The International Monetary Fund has said emerging markets, including India, has been hit due to high commodity prices, financial constraints and weak external demand amid the global economic crisis.
Addressing reporters on the occasion of release of G-20 Surveillance Note in Washington on Thursday, senior IMF officials, however, emphasised that the world body expects advanced countries to turn around and grow at a moderate pace in 2010.
"So while growth is slowing down, different regions are being affected differently depending upon how the transmission affects each country in the region," an IMF official said asking reporters not to name senior officials who held the briefing on the occasion.
China, for example, the official said is already putting very substantial stimulus and IMF is already seeing some signs of a firming of activity in China, which they said is very welcome.
"However, other emerging economies that rely for example on commodity exports or on exports of manufacturing goods to the advanced economies will find it very difficult to recover in any sustained way until we see the recovery coming in the advanced economies," the official said.
Asked if Europe should do more, the official said: "The message is clear that the outlook is weaker going forward."
"Second, progress in putting in place policies to deal with the financial crisis has been slow and financial strains are likely to place a continuing drag on activity," the senior IMF official said.
Observing that credit conditions remain severely impaired and uncertainty about bank balance sheets remains high impeding a return of market confidence," the official said.
"We do still see a global recovery getting gradually underway in 2010, but I should emphasise that the turnaround depends on strong policy implementation."
Asserting that there will be no enduring recovery until financial-sector stability is restored, the official said this will require determined and well-coordinated policy implementation by financial authorities.

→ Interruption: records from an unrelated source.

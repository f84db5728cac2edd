ghost use Rattle.std.specs.Prelude.{◌≡◌, ◌+◌, ◌-◌, ◌<◌, ◌≤◌, ◌==◌, [], ◌∷◌, ◌++◌, length, insert};
ghost use Rattle.std.specs.Prelude.{remove, drop, take, slice_get, max, All, Some, IsOk, IsErr};
ghost use Rattle.std.specs.Prelude.{OnOk, OnErr, IfErr, nat_lt, nat_le};
ghost use Rattle.std.specs.List.{list_any};
ghost use Rattle.std.specs.VecDeque.{deque_len, deque_capacity};
ghost use Rattle.mqb_base.specs.Bits.{keeps_dead};
ghost use Rattle.mqb_base.specs.declared.roomed.TheConstants.{MAX_MEMBERS};
ghost use Rattle.mqb_orders.specs.KeptLists.{Rises, released};

use mqb_base::{MAX_MEMBERS, Memory, Message};
use std::alloc::Global;
use std::collections::VecDeque;
use std::marker::Model;

/// A message of a stream that its source still keeps, and its number.
#[derive(Clone, Debug, PartialEq, Eq, Drop)]
pub struct Kept {
    pub number: u32,
    pub message: Message,
}

/// The kept messages of one stream, in rising order of number. Contracts see the list and its room:
/// how many messages there can be without memory, at most `MAX_MEMBERS`.
#[derive(Debug, Drop)]
pub struct KeptList {
    items: VecDeque<Kept>,
    room: usize,
}

impl Model for KeptList {
    ghost use Rattle.std.specs.Prelude.{◌≤◌};
    ghost use Rattle.std.specs.VecDeque.{deque_len, deque_capacity};
    ghost use Rattle.mqb_base.specs.Rooms.{Room};
    ghost use Rattle.mqb_base.specs.declared.roomed.TheConstants.{MAX_MEMBERS};
    ghost use Rattle.mqb_orders.specs.KeptLists.{Rises};
    ghost use Rattle.mqb_orders.specs.declared.kept.Kept.{Kept};

    ghost Value = { Room Kept };

    ghost view = { λ l. record { items = l.items.items; room = l.room } };

    ghost invariant = { λ l. (deque_len l.items ≤ l.room) × (l.room ≤ deque_capacity l.items)
        × (l.room ≤ MAX_MEMBERS) × Rises l.items.items };
}

impl KeptList {
    /// An empty list.
    pub fn new(alloc: Global) -> KeptList
        ensures { result ≡ record { items = []; room = 0 } }
    {
        KeptList {
            items: VecDeque::new(alloc),
            room: 0,
        }
    }

    pub fn len(&self) -> u32
        ensures len { result ≡ length self.now.items }
        ensures within { length self.now.items ≤ self.now.room }
        ensures rises { Rises self.now.items }
    {
        self.items.len() as u32
    }

    pub fn is_empty(&self) -> bool
        ensures { result ≡ (length self.now.items == 0) }
    {
        self.items.is_empty()
    }

    /// The message at a place.
    pub fn get(&self, at: u32) -> &Kept
        requires { at < length self.now.items }
        ensures kept { slice_get self.now.items at ≡ Some result.now }
        ensures rises { Rises self.now.items }
    {
        self.items.get(at as usize).unwrap()
    }

    /// Makes room for `n` more, and for no more than that where there was less.
    pub fn reserve(&mut self, n: u32) -> Result<(), Memory>
        ensures ok { OnOk result (self.new ≡ record self.old {
          room = max self.old.room (length self.old.items + n);
        }) }
        ensures refused { OnErr result (self.new ≡ self.old) }
        ensures ready { length self.old.items + n ≤ self.old.room → IsOk result }

        // The limit.
        ensures limit { MAX_MEMBERS < length self.old.items + n → IsErr result }
    {
        let wanted = self.items.len() + n as usize;
        if wanted <= self.room {
            return Ok(());
        }
        if wanted > MAX_MEMBERS {
            return Err(Memory);
        }
        self.items.reserve(n as usize)?;
        self.room = wanted;
        Ok(())
    }

    /// Adds a message at the end. Its number is greater than all that are kept.
    pub fn push(&mut self, kept: Kept) -> Result<(), (Kept, Memory)>
        requires { All (λ k. k.number < kept.number) self.old.items }
        ensures items { OnOk result (self.new.items ≡ self.old.items ++ kept ∷ []) }
        ensures room { OnOk result (self.new.room ≡ max self.old.room (length self.old.items + 1)) }
        ensures refused { OnErr result (self.new ≡ self.old) }
        ensures handed_back { IfErr result (λ back. back.0 ≡ kept) }
        ensures ready { length self.old.items < self.old.room → IsOk result }

        // The limit.
        ensures limit { length self.old.items ≡ MAX_MEMBERS → IsErr result }
    {
        match self.reserve(1) {
            Ok(()) => {
                self.items.push_back_reserved(kept);
                Ok(())
            }
            Err(memory) => Err((kept, memory)),
        }
    }

    /// Takes out the last message.
    pub fn pop(&mut self) -> Kept
        requires { 0 < length self.old.items }
        ensures popped { slice_get self.old.items (length self.old.items - 1) ≡ Some result }
        ensures rest { self.new ≡ record self.old {
          items = take (length self.old.items - 1) self.old.items;
        } }
        ensures room { length self.new.items < self.new.room }
    {
        self.items.pop_back().unwrap()
    }

    /// Puts a message before the one at a place, or at the end, where its number is in order.
    pub fn insert(&mut self, at: u32, kept: Kept)
        requires place { at ≤ length self.old.items }
        requires room { length self.old.items < self.old.room }
        requires rises { Rises (insert self.old.items at kept) }
        ensures { self.new ≡ record self.old { items = insert self.old.items at kept } }
    {
        self.items.insert(at as usize, kept).unwrap();
    }

    /// Takes out the message at a place. The others move on the shorter side.
    pub fn remove(&mut self, at: u32) -> Kept
        requires { at < length self.old.items }
        ensures removed { slice_get self.old.items at ≡ Some result }
        ensures rest { self.new ≡ record self.old { items = remove self.old.items at } }
        ensures room { length self.new.items < self.new.room }
    {
        self.items.remove(at as usize).unwrap()
    }

    /// How many messages have a number up to this one. They are the first.
    pub(crate) fn count_up_to(&self, number: u32) -> u32
        ensures within { result ≤ length self.now.items }
        ensures first { All (λ k. k.number ≤ number) (take result self.now.items) }
        ensures rest { All (λ k. number < k.number) (drop result self.now.items) }
    {
        self.items.partition_point(|kept| kept.number <= number) as u32
    }

    /// The same, found from the front on: it looks at these and at one more.
    fn count_from_front(&self, number: u32) -> u32
        ensures within { result ≤ length self.now.items }
        ensures first { All (λ k. k.number ≤ number) (take result self.now.items) }
        ensures rest { All (λ k. number < k.number) (drop result self.now.items) }
    {
        match self.items.iter().position(|kept| kept.number > number) {
            Some(at) => at as u32,
            None => self.items.len() as u32,
        }
    }

    fn has_dead_letters(&self, count: u32) -> bool
        ensures { result ≡ list_any (λ k. keeps_dead k.message) (take count self.now.items) }
    {
        self.items
            .iter()
            .take(count as usize)
            .any(|kept| kept.message.keeps_dead())
    }

    /// Drops the messages up to a number, which was acknowledged, but for those with the
    /// dead-letter bit: their fate is not known yet. Where there are none of these, the messages
    /// above the number do not move.
    pub fn release(&mut self, number: u32)
        ensures { self.new ≡ record self.old { items = released number self.old.items } }
    {
        let count = self.count_from_front(number);
        if self.has_dead_letters(count) {
            release_each(&mut self.items, number);
        } else {
            drop_first(&mut self.items, count as usize);
        }
    }
}

fn drop_first(items: &mut VecDeque<Kept>, count: usize)
    requires { count ≤ deque_len items.old }
    ensures items { items.new.items ≡ drop count items.old.items }
    ensures bound { deque_len items.new ≤ deque_len items.old }
    ensures capacity { deque_capacity items.new ≡ deque_capacity items.old }
{
    items.drain(..count);
}

fn release_each(items: &mut VecDeque<Kept>, number: u32)
    ensures kept { items.new.items ≡ released number items.old.items }
    ensures bound { deque_len items.new ≤ deque_len items.old }
    ensures capacity { deque_capacity items.new ≡ deque_capacity items.old }
{
    items.retain(|kept| kept.number > number || kept.message.keeps_dead());
}
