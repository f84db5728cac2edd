ghost use Rattle.std.specs.Prelude.{◌≡◌};
ghost use Rattle.std.specs.Option.{option_copied};
ghost use Rattle.mqb_orders.specs.Judging.{verdict_of};

use crate::rows::InRow;
use mqb_base::{TxHead, earlier};

/// What a transactional packet is to the row of its source and destination.
#[derive(Clone, Copy, Debug, PartialEq, Eq)]
pub enum Verdict {
    /// It is decided now.
    Next,
    /// Its number was decided before.
    Duplicate,
    /// A kept number before it was not decided yet.
    Gap,
    /// Its sequence is an earlier one.
    Stale,
}

/// Judges a transactional packet by its row, or by the want of one.
pub fn judge(row: Option<&InRow>, tx: &TxHead) -> Verdict
    ensures { result ≡ verdict_of (option_copied row.entry) tx.now }
{
    let decided = match row {
        Some(row) if earlier(tx.sequence, row.sequence) => return Verdict::Stale,
        Some(row) if row.sequence == tx.sequence => row.last,
        _ => 0,
    };
    if tx.number <= decided {
        Verdict::Duplicate
    } else if tx.previous > decided {
        Verdict::Gap
    } else {
        Verdict::Next
    }
}
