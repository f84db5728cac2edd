ghost use Rattle.std.specs.Prelude.{◌≡◌, ◌↔◌, true};
ghost use Rattle.mqb_orders.specs.Streams.{same_stream};

use mqb_base::{Stream, same_name, same_sequence};

/// The test `same_stream` of the definitions, which is true of equal streams alone.
pub fn same_stream(a: &Stream, b: &Stream) -> bool
    ensures test { result ≡ same_stream a.now b.now }
    ensures equal { (same_stream a.now b.now ≡ true) ↔ (a.now ≡ b.now) }
{
    let destination = same_name(&a.destination, &b.destination);
    let sequence = same_sequence(a.sequence, b.sequence);
    a.source == b.source && (destination && sequence)
}
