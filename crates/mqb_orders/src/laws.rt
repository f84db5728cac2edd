//! What follows from the definitions. Each function stands for a law: its contract is the law,
//! and its body is empty.
ghost use Rattle.mqb_orders.specs.Laws.{NextLeavesNoneOut, NextIsAbove, DecidedIsDuplicate};
ghost use Rattle.mqb_orders.specs.Laws.{LinkIsGreatest, NextKeptIsLeast, BeforeStays, LinkIsBefore};

/// What is judged next leaves out no kept number.
pub fn next_leaves_none_out()
    ensures { NextLeavesNoneOut }
{}

/// What is judged next is new.
pub fn next_is_above()
    ensures { NextIsAbove }
{}

/// What was decided is a duplicate from then on.
pub fn decided_is_duplicate()
    ensures { DecidedIsDuplicate }
{}

/// `OutRow::link_before` answers the greatest number.
pub fn link_is_greatest()
    ensures { LinkIsGreatest }
{}

/// `OutRow::next_kept` answers the least number.
pub fn next_kept_is_least()
    ensures { NextKeptIsLeast }
{}

/// The number that stands before an offered one never changes: nothing up to it is committed
/// or expires any more.
pub fn before_stays()
    ensures { BeforeStays }
{}

/// `OutRow::link_before` answers the number that stands before in the stream.
pub fn link_is_before()
    ensures { LinkIsBefore }
{}
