use mqb_base::{Guid, QueueName};

/// What the sequences of one destination name at one peer have in common.
#[derive(Clone, Debug, PartialEq, Eq, Hash, Drop)]
pub struct OutKey {
    pub peer: u32,
    pub destination: QueueName,
}

/// What distinguishes incoming rows.
#[derive(Clone, Debug, PartialEq, Eq, Hash, Drop)]
pub struct InKey {
    pub source: Guid,
    pub destination: QueueName,
}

"The essential elements include credible recognition of losses in problem assets, public support for the recapitalisation of weak but still viable banks and for the effective resolution of insolvent banks," he said.
"It will be important for greater international coordination of financial-sector policies to avoid unintended cross-border spillovers. It will also be important that actions taken be consistent with a long-term vision of a healthy, efficient and dynamic financial system," the senior IMF official said.